Пока мальчишки едят сладости и кидают кубики с точками на каждой грани, я выхожу из дома и набираю номер, который Авессалом дал мне несколько лет назад. Я не знаю, кому он принадлежит, не знаю даже, действует ли он еще. Это экстренная мера на самый крайний случай, для одноразового использования, и я дорого заплатила за него.
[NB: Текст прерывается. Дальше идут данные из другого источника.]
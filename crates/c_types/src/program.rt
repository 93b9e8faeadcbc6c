// The types of programs, and the fact that a typed program keeps.

use fore_base::boxed::Boxed;
use fore_base::list::List;
use fore_base::shape::Shapes;
use fore_base::text::Text;
use std::marker::Model;

/// A pointer: a variable, and the pointer fields that lead on from it, each by its number among the pointer fields of
/// the struct that stands there. No field means the variable itself.
#[derive(Drop)]
pub struct Path {
    /// The number of a pointer variable.
    pub var: u32,
    /// Pointer fields, the first arrow first.
    pub fields: List<u32>,
}

/// A datum: a data variable, or the data field of this number of the cell at the end of a path.
#[derive(Drop)]
pub enum DataPath {
    /// The data variable of this number.
    Var(u32),
    /// A data field, by its number among the data fields of its struct.
    Field { base: Path, field: u32 },
}

/// What is assigned to a pointer.
#[derive(Drop)]
pub enum PtrRhs {
    /// The pointer that stands there.
    Path(Path),
    /// The null pointer.
    Null,
    /// `malloc` of the struct of this number.
    New(u32),
}

/// What is assigned to a datum.
#[derive(Drop)]
pub enum DataRhs {
    /// The datum that stands there.
    Path(DataPath),
    /// A number, at most `DATUM`.
    Known(u8),
    /// `__VERIFIER_nondet_bool()`.
    Choice,
}

/// What a statement does.
#[derive(Drop)]
pub enum Act {
    /// An assignment to a pointer (ISO/IEC 9899:2011, 6.5.16.1).
    SetPtr { to: Path, from: PtrRhs },
    /// An assignment to a datum.
    SetData { to: DataPath, from: DataRhs },
    /// `free` of the pointer that stands there (7.22.3.3).
    Free(Path),
    /// A call that reports an error, or a false `assert`.
    Error,
    /// `exit` or `abort` (7.22.4).
    Halt,
    /// `return` of `main`, with the datum that it looks at, if any (6.8.6.4).
    Return(Option<DataPath>),
    /// `return` of the function of this number, with what it returns, if anything (6.8.6.4).
    Leave { func: u32, value: Option<Arg> },
    /// `break` (6.8.6.3).
    Break,
    /// `continue` (6.8.6.2).
    Continue,
}

/// A pointer in a comparison.
#[derive(Drop)]
pub enum PtrOp {
    /// The pointer that stands there.
    Path(Path),
    /// The null pointer.
    Null,
}

/// A datum in a comparison.
#[derive(Drop)]
pub enum DataOp {
    /// The datum that stands there.
    Path(DataPath),
    /// A number, at most `DATUM`.
    Known(u8),
}

/// A variable, by its number among those of its kind.
#[derive(Drop)]
pub enum VarRef {
    /// The pointer variable of this number.
    Ptr(u32),
    /// The data variable of this number.
    Data(u32),
}

/// What is given to a parameter, or returned (6.5.2.2, 6.8.6.4).
#[derive(Drop)]
pub enum Arg {
    /// A pointer.
    Ptr(PtrOp),
    /// A datum.
    Data(DataOp),
}

/// What the result of a call is assigned to (6.5.16.1).
#[derive(Drop)]
pub enum Dest {
    /// A pointer.
    Ptr(Path),
    /// A datum.
    Data(DataPath),
}

/// A test without parts.
#[derive(Drop)]
pub enum Atom {
    /// A call that gives a choice.
    Choice,
    /// A literal.
    Known(bool),
    /// A comparison of pointers, for equal or for not equal (6.5.9).
    Ptr {
        left: PtrOp,
        right: PtrOp,
        equal: bool,
    },
    /// A comparison of data, for equal or for not equal.
    Data {
        left: DataOp,
        right: DataOp,
        equal: bool,
    },
}

/// A condition. The line is that of the atom's first token.
#[derive(Drop)]
pub enum Cond {
    /// A test without parts.
    Atom { atom: Atom, line: u32 },
    /// `!` (6.5.3.3).
    Not(Boxed<Cond>),
    /// `&&` of one part or more.
    All(List<Cond>),
    /// `||` of one part or more.
    Any(List<Cond>),
}

/// A statement. The line is that of its first token, or of the declared name.
#[derive(Drop)]
pub enum Stmt {
    /// A statement without parts.
    Do {
        act: Act,
        line: u32,
    },
    /// `if`, or an `assert`, whose no side is an error (6.8.4.1).
    Branch {
        cond: Cond,
        yes: List<Stmt>,
        no: List<Stmt>,
    },
    /// `while` (6.8.5.1).
    While {
        cond: Cond,
        body: List<Stmt>,
    },
    /// `do` (6.8.5.2).
    DoWhile {
        cond: Cond,
        body: List<Stmt>,
    },
    /// `for`: what it does between its rounds is `next`; what it does first stands before it (6.8.5.3).
    For {
        cond: Cond,
        next: List<Stmt>,
        body: List<Stmt>,
    },
    /// A block, or a `for` that declares: what it holds, the variables that it declares, and the line of its end.
    Group {
        body: List<Stmt>,
        ptrs: List<u32>,
        datums: List<u32>,
        close: u32,
    },
    /// A call of the function of this number, with what is given to its parameters, in order, and what its result is
    /// assigned to, if anything (6.5.2.2).
    Call {
        func: u32,
        args: List<Arg>,
        to: Option<Dest>,
        line: u32,
    },
}

/// A pointer variable: its name, and the number of the struct to which it points.
#[derive(Drop)]
pub struct VarDef {
    /// The variable's name.
    pub name: Text,
    /// The number of a struct.
    pub shape: u32,
}

/// A function besides `main`. No function is ever active twice, so its parameters, its result and its local variables
/// are variables of the program.
#[derive(Drop)]
pub struct Func {
    /// The function's name.
    pub name: Text,
    /// Its parameters, in order.
    pub params: List<VarRef>,
    /// The variables that its body declares.
    pub locals: List<VarRef>,
    /// The variable that holds its result, if it has one.
    pub result: Option<VarRef>,
    /// The one group of its block.
    pub body: List<Stmt>,
}

/// A program: its structs, its pointer and data variables in order of declaration, its functions besides `main` in
/// order of definition, and the one group of main's block.
///
/// Every number in it is in range; each field on a path is one of the struct and kind that stands there; both sides of
/// an assignment or comparison, and a new cell and its target, agree in struct; a known datum is at most `DATUM`; each
/// `&&` and `||` has a part; each `break` and `continue` stands in the body of a loop of its function, and none in what
/// a `for` does between its rounds.
///
/// No function leads by calls to itself. Each call has an argument for each parameter, of its kind and struct, and
/// assigns a result only where there is one, to what is of its kind and struct. A `Leave` stands in the body of its
/// function, with a value of the kind and struct of the result exactly where there is one; a `Return` stands in `main`
/// alone. Parameters, results and local variables of functions are all different; a body names only variables of its
/// own, and no result; the local variables of a function are those that the groups of its body declare.
#[derive(Drop)]
pub struct Typed {
    /// The structs.
    pub shapes: Shapes,
    /// The pointer variables.
    pub vars: List<VarDef>,
    /// The names of the data variables.
    pub data_vars: List<Text>,
    /// The functions besides `main`.
    pub funcs: List<Func>,
    /// The one group of main's block.
    pub body: List<Stmt>,
}

impl Model for Typed {
    ghost use Rattle.std.specs.Prelude.{◌≡◌, true};
    ghost use Rattle.std.specs.Coded.{codes};
    ghost use Rattle.c_types.specs.Program.{Program, is_typed};
    ghost use Rattle.c_types.specs.contracts.program.Stmt as stmt;

    ghost Value = { Program };

    ghost coded = { Prim.hlevel (codes, stmt.the_row.coded) };

    ghost view = { λ p. record {
      shapes = p.shapes;
      vars = p.vars;
      data_vars = p.data_vars;
      funcs = p.funcs;
      body = p.body;
    } };

    ghost invariant = { λ p.
        is_typed
        (record {
          shapes = p.shapes;
          vars = p.vars;
          data_vars = p.data_vars;
          funcs = p.funcs;
          body = p.body;
        }) ≡ true };
}
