// Values that hold only data can be shared between threads and moved to another.

use crate::mode::MallocMode;
use crate::outcome::Outcome;
use crate::program::Typed;
use fore_base::crossing::crosses;

/// Programs cross threads, and with them all their parts.
pub fn program_crosses(program: &Typed) {
    crosses(program)
}

/// Modes of `malloc` cross threads.
pub fn mode_crosses(mode: &MallocMode) {
    crosses(mode)
}

/// Outcomes cross threads.
pub fn outcome_crosses(outcome: &Outcome) {
    crosses(outcome)
}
Гудки, гудки, потом включается автоответчик. Никакого приветствия, просто гудок.
– Это Джина Ройял, – произношу я. – Авессалом сказал, вы знаете, что нужно сделать. Сделайте это.
Я прерываю звонок, ощущая тошноту и головокружения, словно стою на краю высокого обрыва. Это имя – Джина Ройял – вызывает у меня чувство, как будто я падаю назад, в темноту и глубину времени, которое предпочла бы вычеркнуть из существования. Заставляет меня чувствовать, будто все, чего я добилась за эти годы, было лишь иллюзией, чем-то, что Мэл может отобрать у меня в любой момент, когда захочет.
Утром я звоню в тюрьму, где содержат Мэла, и записываюсь на следующий же день, когда разрешено посещать заключенных.